Sequence type: peptide

Array

Glu Thr Phe Val Leu Gly Val Trp Gly Arg Val Gly Met Glu Asp Met Gly His 1 5 10 15

His

Claims

The scope of the claims . -

I. The protein according to SEQ ID NO: 1, or an IL having an amino acid sequence in which one or several amino acids have been substituted, deleted, or added in the amino acid sequence thereof, and which responded to a specific extracellular stimulus -A protein that has the activity to suppress the activation of 8 promoter.

2. A protein encoded by a DNA that hybridizes with the DNA of SEQ ID NO: 2, which has an activity of suppressing activation of the IL-8 promoter in response to a specific extracellular stimulus.

3. The protein according to SEQ ID NO: 3, or an IL having an amino acid sequence in which one or several amino acids are substituted, deleted, or added in the amino acid sequence of the protein, and which responds to a specific extracellular stimulus -8 Promote A protein that has the activity of inhibiting the activation of the protein.

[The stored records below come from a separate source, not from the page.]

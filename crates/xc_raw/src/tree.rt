//! The untyped tree.

use crate::rule::Rule;
use sqlite_items::Items;

/// A node of a rule. It covers the tokens from `first` up to `end`, which are numbers of tokens of the text.
#[derive(Drop)]
pub struct Raw {
    pub rule: Rule,
    pub first: u32,
    pub end: u32,
    pub parts: Items<Raw>,
}
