//! The untyped tree of a text, and the words that its grammar tells apart.
#![tactic(auto)]

mod rule;
mod tree;
mod word;

pub use rule::{Level, Rule};
pub use tree::Raw;
pub use word::{
    Access, AssignOp, BinaryOp, Complement, Literal, Qualifier, Sign, Specifier, Step, Word,
    word_of,
};
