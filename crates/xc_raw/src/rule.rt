//! The rules that make nodes.

/// The rule of a node. Each variant has its production, in which a rule's name stands for a node of it, small names
/// for one of several nodes, and quoted text and capitals for tokens; `[ ]` is at most one time, `{ }` any number of
/// times. The parts of a node are the nodes in its production, in order; tokens are no parts.
///
/// ```text
/// item   = Pragma | Declaration | Function
/// init   = assign | Initialisers
/// stmt   = Block | Eval | If | While | Do | For | Return | Break | Continue | Future
/// expr   = Comma | assign
/// assign = Assign | cond
/// cond   = Cond | binary
/// binary = Binary | cast
/// cast   = Cast | unary
/// unary  = Unary | postfix
/// postfix = Postfix | Prim
/// qual   = "const" | "restrict" | "sync" | "future"
/// stars  = {"*" {qual}}
/// ```
///
/// So there is no node for a rule that only passes on another: where an `assign` is just a name, it is one `Prim`.
#[derive(Clone, Copy)]
pub enum Rule {
    /// `item {item}`: a text.
    Unit,
    /// `PRAGMA`: a pragma line at file scope, in a block or before a statement. It has no parts.
    Pragma,
    /// `Specs [Dinit {"," Dinit}] ";"`, at file scope or in a block.
    Declaration,
    /// `Specs Callee Params (";" | Block)`: a function is declared (three parts) or defined (four).
    Function,
    /// `spec {spec}`, where a spec is one of `static const sync future void int long signed unsigned` or a `Struct`.
    /// Its parts are the `Struct`s alone; every other token between them is one of those words.
    Specs,
    /// `"struct" NAME ["{" Member {Member} "}"]`: the name is the token at `first + 1`; no parts where there are no
    /// braces.
    Struct,
    /// `Specs Declr {"," Declr} ";"`.
    Member,
    /// `stars NAME {"[" cond "]"}`: the parts are the bounds. The name is the first token that is a Name.
    Declr,
    /// `stars NAME`: the declarator of a function. It has no parts; the name is the token at `end - 1`.
    Callee,
    /// `Declr ["=" init]`.
    Dinit,
    /// `"{" init {"," init} [","] "}"`.
    Initialisers,
    /// `"(" [Param {"," Param}] ")"`. A lone `void` is one `Param` of that one token.
    Params,
    /// `Specs stars [NAME] ["[" [cond] "]" {"[" cond "]"}]`: the parts are the specifiers and the bounds. Its
    /// declarator begins at `parts[0].end`, and is empty where that is the `end`. Where the first bound is left out,
    /// its `]` follows its `[`.
    Param,
    /// `"{" {Pragma | Declaration | stmt} "}"`.
    Block,
    /// `{Pragma} stmt`: the statement under an `if`, an `else` or a loop. The statement is the last part.
    Sub,
    /// `[expr] ";"`: an expression statement (one part), or the empty one (none).
    Eval,
    /// `"if" "(" expr ")" Sub ["else" Sub]`: two parts or three.
    If,
    /// `"while" "(" expr ")" Sub`.
    While,
    /// `"do" Sub "while" "(" expr ")" ";"`.
    Do,
    /// `"for" "(" (ForDeclaration | Clause) Clause Step Sub`: always four parts.
    For,
    /// `Specs Dinit {"," Dinit} ";"`: the first clause of a `for` that declares.
    ForDeclaration,
    /// `[expr] ";"`: the first or the second clause of a `for`.
    Clause,
    /// `[expr] ")"`: the third clause of a `for`, with its parenthesis.
    Step,
    /// `"return" [expr] ";"`.
    Return,
    /// `"break" ";"`.
    Break,
    /// `"continue" ";"`.
    Continue,
    /// `"future" Place "(" [NAME {"," NAME}] ")" Block`: two parts. The names are tokens between them.
    Future,
    /// `NAME {"[" expr "]" | "." NAME | "->" NAME}`: the parts are the indices; the tokens from `first` on tell
    /// which comes where.
    Place,
    /// `expr "," assign`.
    Comma,
    /// `unary aop assign`: the operator is the token at `parts[0].end`.
    Assign,
    /// `binary "?" expr ":" cond`.
    Cond,
    /// `left op right`, each at the level of C99 that its operator demands; levels associate to the left, and each
    /// operator has a node around its left part. The operator is the token at `parts[0].end`.
    Binary(Level),
    /// `"(" Specs stars ")" cast`: the stars stand from `parts[0].end` on.
    Cast,
    /// `("++" | "--") unary` or `("&" | "*" | "+" | "-" | "~" | "!") cast`: the operator is the token at `first`.
    Unary,
    /// `postfix` and one suffix: `"[" expr "]"` (two parts), `"(" [assign {"," assign}] ")"` (one part and the
    /// arguments), `"." NAME`, `"->" NAME`, `"++"` or `"--"` (one part). The token at `parts[0].end` tells which.
    Postfix,
    /// `NAME`, `NUMBER` or `STRING` (no parts), or `"(" expr ")"` (one part).
    Prim,
}

/// The levels of binary operators (C99 6.5.5 to 6.5.14), loosest first.
#[derive(Clone, Copy)]
pub enum Level {
    Or,
    And,
    BitOr,
    BitXor,
    BitAnd,
    Equality,
    Relation,
    Shift,
    Sum,
    Product,
}
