// The operations that change nothing: check a record, translate one guest address. Each contract equates the answer with machine's
// Operations: check for every input, refused input too; translate once the input is accepted. And by which table a run's answer is.
#![tactic(auto)]

ghost use Rattle.std.specs.Prelude.{◌≡◌, Bool, true, List, ℕ, ◌≤◌, length};
ghost use Rattle.machine.specs.Record.{guest_of, cpu_of};
ghost use Rattle.machine.specs.Entry.{entry_good};
ghost use Rattle.machine.specs.Refusals.{frames_of, translate_verdict, no_refusal};
ghost use Rattle.machine.specs.Host.{host};
ghost use Rattle.machine.specs.declared.Cpu.{Cpu};
ghost use Rattle.machine.specs.declared.Guest.{Guest};
ghost use Rattle.machine.specs.Operations.{check, translate, translates, translated_as};
ghost use Rattle.machine.specs.Sought.{end_sought};
ghost use Rattle.entry.specs.Modes.{xa_mode};
ghost use Rattle.prefixing.specs.Prefixing.{Sees};
ghost use Rattle.address.specs.Touching.{touch_of};
ghost use Rattle.address.specs.Locating.{place_in};
ghost use Rattle.inspections.specs.Inspecting.{packed_translation, place_after};
ghost use Rattle.inspect.specs.Answering.{answered, answer_sought};

use machine::{Answer, Checked, End, Guest, Psw, Sought, Stopped, Translated};
use prefixing::Space;

const STORE: u32 = 1;

// Numbers from here on say a failure.
const STOPPED: u64 = 4294967296;

const LONG_RECORD: usize = 208;

// Checks a record: good, code 32 or refused.
pub fn check(r: &[u8]) -> Answer<Checked>
    ensures { result ≡ check r.now }
{
    refusals::check_verdict(r)?;
    if entry::entry_good(records::guest_of(r), r.len() == LONG_RECORD) {
        return Ok(Checked::Good);
    }
    Ok(Checked::Validity)
}

// What a byte that was looked for in vain comes to, which a number says: the tables are walked again for the one that was bad.
fn failed(storage: &[u8], space: Space, a: u32, w: u64) -> Translated
    requires { 4294967296 ≤ w }
    ensures { (g : Guest) (c : Cpu) → Sees space g c → (k : List ℕ) (store : Bool)
        → touch_of g (host space.designation storage.now k) c store a ≡ place_in a w
        → result ≡ answered g (host space.designation storage.now k) c a (place_in a w) }
{
    Translated::Failed {
        failure: address::failure_of(a, w),
        sought: sought::sought(storage, space, a, w),
    }
}

// A System/370 guest's EC PSW with DAT on is not translated; every other PSW's addresses are.
fn translates(psw: Psw) -> bool
    ensures { (c : Cpu) → psw ≡ c.psw → result ≡ translates c }
{
    !psw.system370 || psw.left / 67108864 % 2 != 1 || psw.left / 524288 % 2 != 1
}

// translate of a guest that entry lets through, with a PSW that is translated. Inlined: a call takes some 60 instructions a translation.
#[inline(always)]
fn translate_good(
    r: &[u8],
    storage: &[u8],
    keys: &[u8],
    designation: u32,
    guest: Guest,
    psw: Psw,
    a: u32,
    kind: u32,
) -> Translated
    requires input { (200 ≤ length r.now) × (frames_of storage.now ≤ length keys.now) }
    requires guest { (guest ≡ guest_of r.now) × (psw ≡ (cpu_of r.now).psw) × (entry_good (guest_of r.now) ≡ true) × (translates (cpu_of r.now) ≡ true) }
    ensures { Ok result ≡ translated_as r.now (host designation storage.now keys.now) a kind no_refusal }
{
    let control = records::table_controls(r);
    let space = prefixing::space_of(guest, psw, control.words[0], control.words[1], designation);
    let at = address::wrapped(psw, a);
    let found = address::locate(storage, keys, space, kind == STORE, at);
    if found < STOPPED {
        return Translated::Address(found as u32);
    }
    failed(storage, space, at, found)
}

// translate of a 370-XA guest, once the input is accepted.
pub fn translate_xa(
    r: &[u8],
    storage: &[u8],
    keys: &[u8],
    designation: u32,
    a: u32,
    kind: u32,
) -> Answer<Translated>
    requires { (xa_mode (guest_of r.now).mode ≡ true) × (translate_verdict r.now storage.now keys.now kind ≡ no_refusal) }
    ensures { result ≡ translated_as r.now (host designation storage.now keys.now) a kind no_refusal }
{
    let guest = records::guest_of(r);
    if !entry::place_good(guest) {
        return Ok(Translated::Validity);
    }
    let psw = records::psw_of(r);
    Ok(translate_good(r, storage, keys, designation, guest, psw, a, kind))
}

// translate of any other guest, once the input is accepted: entry looks at its mode, and its PSW may have DAT on.
pub fn translate_other(
    r: &[u8],
    storage: &[u8],
    keys: &[u8],
    designation: u32,
    a: u32,
    kind: u32,
) -> Answer<Translated>
    requires { translate_verdict r.now storage.now keys.now kind ≡ no_refusal }
    ensures { result ≡ translated_as r.now (host designation storage.now keys.now) a kind no_refusal }
{
    let guest = records::guest_of(r);
    if !entry::entry_good(guest, r.len() == LONG_RECORD) {
        return Ok(Translated::Validity);
    }
    let psw = records::psw_of(r);
    if !translates(psw) {
        return Ok(Translated::Validity);
    }
    Ok(translate_good(r, storage, keys, designation, guest, psw, a, kind))
}

// translate, once the input is accepted: the answer is packed, and what it says of the address stands at the place.
pub fn translate_accepted(
    r: &[u8],
    storage: &[u8],
    keys: &[u8],
    designation: u32,
    a: u32,
    kind: u32,
    place: &mut u64,
) -> u64
    requires { translate_verdict r.now storage.now keys.now kind ≡ no_refusal }
    ensures { (result ≡ packed_translation (translate r.now (host designation storage.now keys.now) a kind))
        × (place.new ≡ place_after (translate r.now (host designation storage.now keys.now) a kind) place.old) }
{
    let t = if entry::xa_mode(r[4]) {
        translate_xa(r, storage, keys, designation, a, kind)
    } else {
        translate_other(r, storage, keys, designation, a, kind)
    };
    *place = inspections::place_after(t, *place);
    inspections::pack_translation(t)
}

// By which table a run's host fault is, in the storage that the run left.
#[tactic(auto, unfolding(machine::specs::Sought::end_sought))]
fn table_of_end(storage: &[u8], designation: u32, end: End) -> Sought
    ensures { result ≡ end_sought designation storage.now end }
{
    match end {
        End::HostFault(f) => faults::fault_sought(storage, designation, f),
        End::Intercepted(_) | End::BudgetUsed => faults::nowhere(),
    }
}

// By which table a run's answer is.
#[tactic(auto, unfolding(crate::specs::Answering::answer_sought))]
pub fn table_of(storage: &[u8], designation: u32, a: Answer<Stopped>) -> Sought
    ensures { result ≡ answer_sought designation storage.now a }
{
    match a {
        Err(_) => faults::nowhere(),
        Ok(Stopped { end, .. }) => table_of_end(storage, designation, end),
    }
}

4. A protein encoded by a DNA that hybridizes with the DNA of SEQ ID NO: 4, which has an activity of inhibiting the activation of IL-8 promoter overnight in response to a specific extracellular stimulus.

5. The protein according to any one of claims 1 to 4, wherein the specific extracellular stimulus is a stimulus by interleukin-1 / 3.

6. DNA encoding the protein according to claim 1 or 3.

7. The activity of hybridizing with the DNA of SEQ ID NO: 2 and / or the DNA of SEQ ID NO: 4 and inhibiting the activation of IL-8 promoter overnight in response to a specific extracellular stimulus DNA encoding a protein having

8. The DM of claim 7, wherein the particular extracellular stimulus is a stimulus by interleukin-1 / 5.

9. A vector comprising the DNA according to any one of claims 6 to 8.

10. A host carrying the vector according to claim 9.

II. An antibody that reacts with the protein according to any one of claims 1 to 5.

12. A pharmaceutical composition comprising the protein according to any one of claims 1 to 5 as an active ingredient.

13. The pharmaceutical composition according to claim 12, which is an anti-inflammatory agent.